11 janvier 2023

Les bonnes choses.

Je reviens avec un litre et demi de confiture maison, la mémoire des petits coups de fesses du bébé contre ma paume, plein de photos de chiens, mais aucune du cèdre du Liban, dont l'image est impregnée depuis cinq ans dans ma rétine.

C'est l'endroit du monde où je sais le mieux épeler le mot sérénité. Il y a un poêle et des poils de chiens, assez de vieilles assiettes porcelaine pour un entrée plat dessert pour douze, une dizaine de coffrets de polly pocket tous plus ingénieux les uns que les autres, une machine à laver qui tourne sans jamais s'arrêter alors qu'elle a quatorze ans, le frigo jamais vide aussi bien à l'intérieur qu'à l'extérieur, de la lavande aux quatre coins des pièces qui devient grise avec le temps mais qui ne perd pas son odeur.

J'y dors aussi bien que j'y lis, la lumière y est parfaite, la literie moelleuse et accueillante, et même l'aspirateur ronronne avec douceur - au moins une fois par jour.

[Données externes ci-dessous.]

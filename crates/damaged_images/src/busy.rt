// The image of a kernel with tasks in every state, made by calls from a fresh one of either edition.
use entry::{kernel_start, kernel_step};
use image::call::{ANSWER, REQUEST};
use image::stored::IMAGE;
use kernel::edition::MANY_WAIT;
use kernel::numbers::{AWAIT_EVENT, CREATE, EXIT, RECEIVE, SEND};
use tid::sizes::{AREA, SLOTS};

// The task that sends are queued at.
const SERVER: u32 = 7;

// A kernel between two calls, and the edition that it was started in.
#[derive(Clone, Copy, Drop)]
pub(crate) struct Stored {
    pub edition: u32,
    pub image: [u8; IMAGE],
}

// The record of a request: its kind and its five arguments.
pub(crate) fn request(words: [u32; REQUEST / 4]) -> [u8; REQUEST] {
    let mut bytes = [0; REQUEST];
    for (place, word) in bytes.chunks_exact_mut(4).zip(words) {
        place.copy_from_slice(&word.to_le_bytes());
    }
    bytes
}

impl Stored {
    fn started(edition: u32) -> Self {
        let mut image = [0; IMAGE];
        kernel_start(edition, 16, 16, &mut image);
        Self { edition, image }
    }

    // A request of the active task. A Send's message is 4 bytes from 4 on, and its reply is awaited in 4 bytes from 8 on:
    // a buffer from 2 on can be broken at each of its bytes, one from 0 on not at its length's low byte.
    fn ask(&mut self, kind: u32, arg0: u32, arg1: u32) {
        let mut areas = [0; SLOTS * AREA];
        let mut answer = [0; ANSWER];
        kernel_step(
            self.edition,
            &mut self.image,
            &mut areas,
            &request([kind, arg0, arg1, 4, 8, 4]),
            &mut answer,
        );
    }

    // Each task has its priority as its entry number too.
    fn create(&mut self, priority: u32) {
        self.ask(CREATE, priority, priority);
    }

    // The active task creates one above it, which runs at once and asks something.
    fn child(&mut self, priority: u32, kind: u32, arg0: u32, arg1: u32) {
        self.create(priority);
        self.ask(kind, arg0, arg1);
    }

    // Which event tid 3 awaits: that of tid 2 where many may wait for one.
    fn awaited(&self) -> u32 {
        if self.edition == MANY_WAIT { 3 } else { 5 }
    }

    // Tids 1 to 5: ready at priority 16, waiting for event 3, waiting for event 5 or behind the one before, send-blocked, and exited.
    fn served(edition: u32) -> Self {
        let mut stored = Self::started(edition);
        stored.child(8, AWAIT_EVENT, 3, 0);
        stored.child(9, AWAIT_EVENT, stored.awaited(), 0);
        stored.child(10, RECEIVE, 4, 16);
        stored.child(11, EXIT, 0, 0);
        stored
    }

    // Tids 6, 7 and 8 have priority 12, and run in turn as each asks something; 9, 10 and 11 are queued at tid 7, and tid 12 is
    // ready at priority 20. Then tid 8 awaits no event that there is, and tid 7 receives from tid 9: both are ready, with a fault
    // and with a value, and tid 6 is active.
    pub(crate) fn busy(edition: u32) -> Self {
        let mut stored = Self::served(edition);
        for _ in 0..3 {
            stored.create(12);
        }
        for _ in 0..3 {
            stored.child(11, SEND, SERVER, 4);
        }
        stored.create(20);
        stored.ask(AWAIT_EVENT, 200, 0);
        stored.ask(RECEIVE, 4, 16);
        stored
    }
}
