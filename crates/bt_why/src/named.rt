//! What marks name, and whether it is there.

ghost use Rattle.std.specs.Prelude.{◌≡◌, false, IsTrue, IsNone, option_and_then, option_copied, slice_get};
ghost use Rattle.bt_why.specs.Named.{AreRight, IsLineRight, IsRight, entry_at, is_byte_of, text_named};

use crate::machine::Machine;
use bt_actions::Entry;
use bt_marks::{Line, Mark, Marked, Source, Written};

/// Whether a byte is another one, or what a built-in function makes of it.
fn is_byte_of(is_made: bool, named: u8, byte: u8) -> bool
    ensures { result ≡ is_byte_of is_made named byte }
{
    if is_made {
        byte == b' ' || byte.to_ascii_lowercase() == named.to_ascii_lowercase()
    } else {
        byte == named
    }
}

impl<'a> Machine<'a> {
    /// The entry in whose step a mark was made.
    pub fn entry_of(&self, mark: Mark) -> Option<&'a Entry>
        ensures { option_copied result ≡ entry_at self.now mark.site }
    {
        let step = self.marks.step(mark.site)?;
        let place = (*self.step_entries.get(step)?)?;
        let entries: &'a [Entry] = self.entries;
        entries.get(place)
    }

    /// The text that a mark names; none for what built-in functions made.
    fn named_text(&self, mark: Mark) -> Option<&[u8]>
        ensures { option_copied result ≡ text_named self.now mark.site mark.source }
    {
        match mark.source {
            Source::Literal(number) => Some(self.program.text(number)),
            Source::Quote => Some(b"\""),
            Source::Indent => Some(b" "),
            Source::Field(field) => Some(self.entry_of(mark)?.fields.get(field)?.as_slice()),
            Source::Key => Some(self.entry_of(mark)?.key.as_slice()),
            Source::Type => Some(self.entry_of(mark)?.kind.as_slice()),
            Source::Preamble => Some(self.preamble),
            Source::Made(_, _) | Source::Added(_, _) | Source::Put(_) => None,
        }
    }

    fn named_byte(&self, mark: Mark, at: usize) -> Option<u8>
        ensures { result ≡ option_and_then (λ text. slice_get text at) (text_named self.now mark.site mark.source) }
    {
        self.named_text(mark)?.get(at).copied()
    }

    /// Whether the place that a byte's mark names has this byte, or what a built-in function may have made it of. Nothing
    /// is claimed of a byte that one added.
    fn is_right(&self, marked: Marked) -> bool
        ensures { IsTrue result → IsRight self.now marked.byte marked.at false marked.mark }
    {
        let mut number = marked.mark;
        let mut is_made = false;
        'marks: for _ in 0..usize::MAX {
            let Some(mark) = self.marks.mark(number) else {
                return false;
            };
            match mark.source {
                Source::Made(_, of) => {
                    is_made = true;
                    number = of;
                }
                Source::Added(_, _) | Source::Put(_) => return true,
                _ => {
                    return match self.named_byte(mark, marked.at) {
                        Some(named) => is_byte_of(is_made, named, marked.byte),
                        None => false,
                    };
                }
            }
        }
        false
    }

    /// Whether every byte of a line is right.
    fn is_line_right(&self, line: &[Written]) -> bool
        ensures { IsTrue result → IsLineRight self.now line.now }
    {
        'line: for written in line {
            if !self.is_right(written.marked) {
                return false;
            }
        }
        true
    }

    /// The first of some lines with a byte that isn't right, from 0.
    pub fn wrong_line(&self, lines: &[Line]) -> Option<usize>
        ensures { IsNone result → AreRight self.now lines.now }
    {
        'lines: for (number, line) in lines.iter().enumerate() {
            if !self.is_line_right(line.as_slice()) {
                return Some(number);
            }
        }
        None
    }
}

Le soir, j'y bois toujours mais jamais à outrance, on ne se couche jamais tard mais jamais tôt non plus, on ne parle de rien mais le silence n'y a jamais sa place. J'ai le choix entre trois canapés et trois lit pour rêvasser, il y a trois étagères remplies de livres, et deux salles de bain. On peut manger dedans ou dehors, se laver dans un douche ou dans une baignoire, dormir totalement calfeutré dans la chambre du bas ou bien dans celle du haut la porte ouverte et avec les chiens. 

Je n'y fais rien, et c'est mieux que tout. Parfois on va étendre le linge dans le jardin, aider Christiane à installer Zoom sur sa nouvelle tablette, ou encore faire un tour en voiture jusqu'au centre équestre voir les beaux chevaux dont a si peur la grande chienne. Mes matins y sont tous semblables : lorsque je me lève il y a toujours du pain à moitié entammé sur la table et au moins deux sortes de confiture. Le café est à sa deuxième tournée, on ne me demande jamais si j'en veux, j'ai toujours une tasse chaude servie d'office. Ils sont levés, depuis plusieurs heures, ont déjà balade les doigts, fait un tour à la boulangerie, fait leurs exercices de respiration, et parfois même fait les courses. Si je dors trop tard, ils laissent les truffes des deux bestioles me reveiller ; l'effet est sans appel. 
Les trajets en voiture sont indentiques : quel que soit le chemin que l'on prend, les gros flancs du Lubéron sont visibles depuis l'auto. Ses écailles formées par les arbres aux feuilles caduques changent de couleur à chaque heure de la journée. Le paysage entier ne chaque que vaguement : il n'y a qu'entre mai et août que  ce paisible paradis devient encore plus éclatant, avec les touffes de lavande qui se gonflent en rangs serrés sous la fenêtre.

Je ne sais pas si un jour je pourrai vivre à la campagne. Ce que je sais, ou que du moins je constate à chaque fois que je Viens, qu'elle que soit la durée et la saison, c'est que c'est ici, indéniablement, que je ressens le plus intensément l'apaisement et le bonheur.